This post is also available in: Italiano (Italian)
Florence is one of the most romantic Italian destinations. An extremely interesting city, rich in atmosphere, it’s considered by the whole world as one of the most romantic places ever. Let me tell you what in my opinion are the 22 things to see and eat in Florence. Those you can’t absolutely miss, that as an Italian I like to warmly suggest to everyone who asks me for information. I have skipped some of the most obvious destinations and experiences, like the Uffizi Gallery. Wonderful, but … always so crowded (and expensive)!

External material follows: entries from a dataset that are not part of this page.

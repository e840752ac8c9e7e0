//! The fields of a line as they are read: texts, what stands for NULL, and fields that stand one after another.
ghost use Rattle.std.specs.Prelude.{◌≡◌, ℕ, true, false, not, ◌&&◌, [], ◌∷◌, codes, List as Items, None, IfOk, IsErrOf, MatchOption};
ghost use Rattle.std.specs.Str.{is_utf8};
ghost use Rattle.dw_read_report.specs.declared.faults.LineFault.TheVariants.{Bad};
ghost use Rattle.dw_read_report.specs.Reading.{Gives, ends_field, field_after, field_at, meant_by, names_at, row_at};
ghost use Rattle.dw_read_report.specs.Reading.{all_items, sessions_at, shown_at, text_at, unescaped, with_front};

use crate::faults::LineFault;
use crate::read_parts::{after_label, read_label, read_short};
use dw_value::{Field, List, Text};
use std::alloc::Global;

/// The byte that a backslash and this letter stand for.
fn unescaped(letter: u8) -> Option<u8>
    ensures { result ≡ unescaped letter }
{
    match letter {
        b'\\' => Some(b'\\'),
        b'|' => Some(b'|'),
        b'n' => Some(b'\n'),
        b'r' => Some(b'\r'),
        _ => None,
    }
}

/// Whether a byte ends a field: a bar, a line feed or a carriage return.
fn ends_field(byte: u8) -> bool
    ensures { result ≡ ends_field byte }
{
    byte == b'|' || byte == b'\n' || byte == b'\r'
}

/// The byte that a byte of a field stands for, where a backslash stands just before it or doesn't.
fn meant_by(backslash: bool, byte: u8) -> Option<u8>
    ensures { result ≡ meant_by backslash byte }
{
    if backslash {
        unescaped(byte)
    } else {
        Some(byte)
    }
}

/// Takes one more byte of a field that it doesn't end. It gives whether this is the backslash of two bytes.
fn push_byte(text: &mut Vec<u8>, backslash: bool, byte: u8) -> Result<bool, LineFault>
    requires { (not backslash && ends_field byte) ≡ false }
    ensures ok { IfOk result (λ next. (rest : Items ℕ) → with_front text.new.items (field_after next rest)
        ≡ with_front text.old.items (field_after backslash (byte ∷ rest))) }
    ensures bad { IsErrOf result Bad → (rest : Items ℕ) → field_after backslash (byte ∷ rest) ≡ None }
{
    if !backslash && byte == b'\\' {
        return Ok(true);
    }
    let Some(meant) = meant_by(backslash, byte) else {
        return Err(LineFault::Bad);
    };
    text.push(meant)?;
    Ok(false)
}

/// The bytes that a field stands for.
#[tactic(auto, unfolding(crate::specs::Reading::field_at))]
pub fn read_field(alloc: Global, bytes: &[u8]) -> Result<(Vec<u8>, &[u8]), LineFault>
    ensures { Gives (λ x. (x.0.items, x.1.now)) result (field_at bytes.now) }
{
    let mut text = Vec::new(alloc);
    let mut backslash = false;
    for (index, byte) in bytes.iter().enumerate() {
        if !backslash && ends_field(*byte) {
            return Ok((text, &bytes[index..]));
        }
        backslash = push_byte(&mut text, backslash, *byte)?;
    }
    if backslash {
        return Err(LineFault::Bad);
    }
    Ok((text, &bytes[bytes.len()..]))
}

/// The text of these bytes, where they are in UTF-8.
pub fn text_of(bytes: Vec<u8>) -> Option<Text>
    ensures { MatchOption result (is_utf8 bytes.items ≡ false) (λ text. (is_utf8 bytes.items ≡ true) × (text ≡ bytes.items)) }
{
    match String::from_utf8(bytes) {
        Ok(text) => Some(Text::from_string(text)),
        Err(_) => None,
    }
}

/// A text, which is in UTF-8, as a field.
#[tactic(auto, unfolding(crate::specs::Reading::text_at))]
pub fn read_text(alloc: Global, bytes: &[u8]) -> Result<(Text, &[u8]), LineFault>
    ensures { Gives (λ x. (x.0, x.1.now)) result (text_at bytes.now) }
{
    let (text, rest) = read_field(alloc, bytes)?;
    match text_of(text) {
        Some(text) => Ok((text, rest)),
        None => Err(LineFault::Bad),
    }
}

/// A field of an answer.
#[tactic(auto, unfolding(crate::specs::Reading::shown_at))]
fn read_shown(alloc: Global, bytes: &[u8]) -> Result<(Field, &[u8]), LineFault>
    ensures { Gives (λ x. (x.0, x.1.now)) result (shown_at bytes.now) }
{
    if let Some(rest) = after_label(bytes, "\\N") {
        return Ok((Field::Null, rest));
    }
    let (text, rest) = read_text(alloc, bytes)?;
    Ok((Field::Shown(text), rest))
}

/// The numbers of sessions, each after a space.
#[tactic(auto, unfolding(crate::specs::Reading::sessions_at))]
pub fn read_sessions(alloc: Global, bytes: &[u8]) -> Result<(List<u32>, &[u8]), LineFault>
    ensures { Gives (λ x. (x.0, x.1.now)) result (sessions_at bytes.now) }
{
    let mut sessions = List::new(alloc);
    let mut rest = bytes;
    for _ in 0..bytes.len() {
        let Some(item) = after_label(rest, " ") else {
            return Ok((sessions, rest));
        };
        let (session, next) = read_short(item)?;
        sessions.push(session)?;
        rest = next;
    }
    Ok((sessions, rest))
}

/// Texts, each after a bar, put after `first`.
fn read_texts_after(
    first: Text,
    alloc: Global,
    bytes: &[u8],
) -> Result<(List<Text>, &[u8]), LineFault>
    ensures { Gives (λ x. (x.0, x.1.now)) result (with_front (first ∷ []) (all_items (codes "|") text_at bytes.now)) }
{
    let mut texts = List::new(alloc);
    texts.push(first)?;
    let mut rest = bytes;
    for _ in 0..bytes.len() {
        let Some(item) = after_label(rest, "|") else {
            return Ok((texts, rest));
        };
        let (text, next) = read_text(alloc, item)?;
        texts.push(text)?;
        rest = next;
    }
    Ok((texts, rest))
}

/// Fields of an answer, each after a bar, put after `first`.
fn read_fields_after(
    first: Field,
    alloc: Global,
    bytes: &[u8],
) -> Result<(List<Field>, &[u8]), LineFault>
    ensures { Gives (λ x. (x.0, x.1.now)) result (with_front (first ∷ []) (all_items (codes "|") shown_at bytes.now)) }
{
    let mut fields = List::new(alloc);
    fields.push(first)?;
    let mut rest = bytes;
    for _ in 0..bytes.len() {
        let Some(item) = after_label(rest, "|") else {
            return Ok((fields, rest));
        };
        let (shown, next) = read_shown(alloc, item)?;
        fields.push(shown)?;
        rest = next;
    }
    Ok((fields, rest))
}

/// The line of the names of an answer's columns.
#[tactic(auto, unfolding(crate::specs::Reading::names_at))]
pub fn read_names(alloc: Global, bytes: &[u8]) -> Result<(List<Text>, &[u8]), LineFault>
    ensures { Gives (λ x. (x.0, x.1.now)) result (names_at bytes.now) }
{
    let rest = read_label(bytes, "= ")?;
    let (first, rest) = read_text(alloc, rest)?;
    let (names, rest) = read_texts_after(first, alloc, rest)?;
    let rest = read_label(rest, "\n")?;
    Ok((names, rest))
}

/// The line of a row of an answer.
#[tactic(auto, unfolding(crate::specs::Reading::row_at))]
pub fn read_row(alloc: Global, bytes: &[u8]) -> Result<(List<Field>, &[u8]), LineFault>
    ensures { Gives (λ x. (x.0, x.1.now)) result (row_at bytes.now) }
{
    let rest = read_label(bytes, "- ")?;
    let (first, rest) = read_shown(alloc, rest)?;
    let (fields, rest) = read_fields_after(first, alloc, rest)?;
    let rest = read_label(rest, "\n")?;
    Ok((fields, rest))
}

The crowds, alas. Allow me a little side note before we begin. In many of the photos you will notice (it’s impossible not to!) that there are so many people crowding the city. I’m often asked what is the best period to visit Florence to avoid the horrendous crowds. Well … I don’t think there is a better or worse period. Wherever you go, expect queues to enter museums, and crowded shots. The only tactic that has worked for now, as far as I’m concerned, is to start exploring very early in the morning!
Explore Santa Maria Novella
Santa Maria Novella is the nearest church to the railway station “Firenze – Santa Maria Novella”. If you get to Florence by train, you won’t have to walk long to get to this beautiful Church. It’s a very nice welcome to the city, if you ask me!
Inside you will also find the Officina profumo farmaceutica di Santa Maria Novella, the oldest pharmacy in Europe, it’s been active for four centuries! It’s also one of the oldest stores in the world: to celebrate it, in 2012 the Italian government issued a special stamp with a picture of the inside of the pharmacy on it.
You might find a lot of interesting Italian souvenirs at this pharmacy, but make sure you can bring them back with you by reading the TSA rules!
Take pictures of the Duomo and the Campanile di Giotto
The Cathedral of Santa Maria del Fiore, commonly known as the Duomo, is the symbol of Florence, along with the wonderful Giotto’s Campanile (bell tower). It is the third largest Church in Europe after Saint Peter in Rome and Saint Paul in London. Surmounted by the largest masonry dome ever built, made by Brunelleschi, which today dominates Florence, it’s accessible by purchasing the Biglietto Unico.
This ticket includes entrance to the Cathedral, the Dome, Giotto’s Campanile, the Baptistery, the Ancient Santa Reparata Basilica and the Opera Museum. The ticket is valid for 48 hours from the entrance to the first monument and costs €15. It is available online or at the vending machines and ticket offices in the square.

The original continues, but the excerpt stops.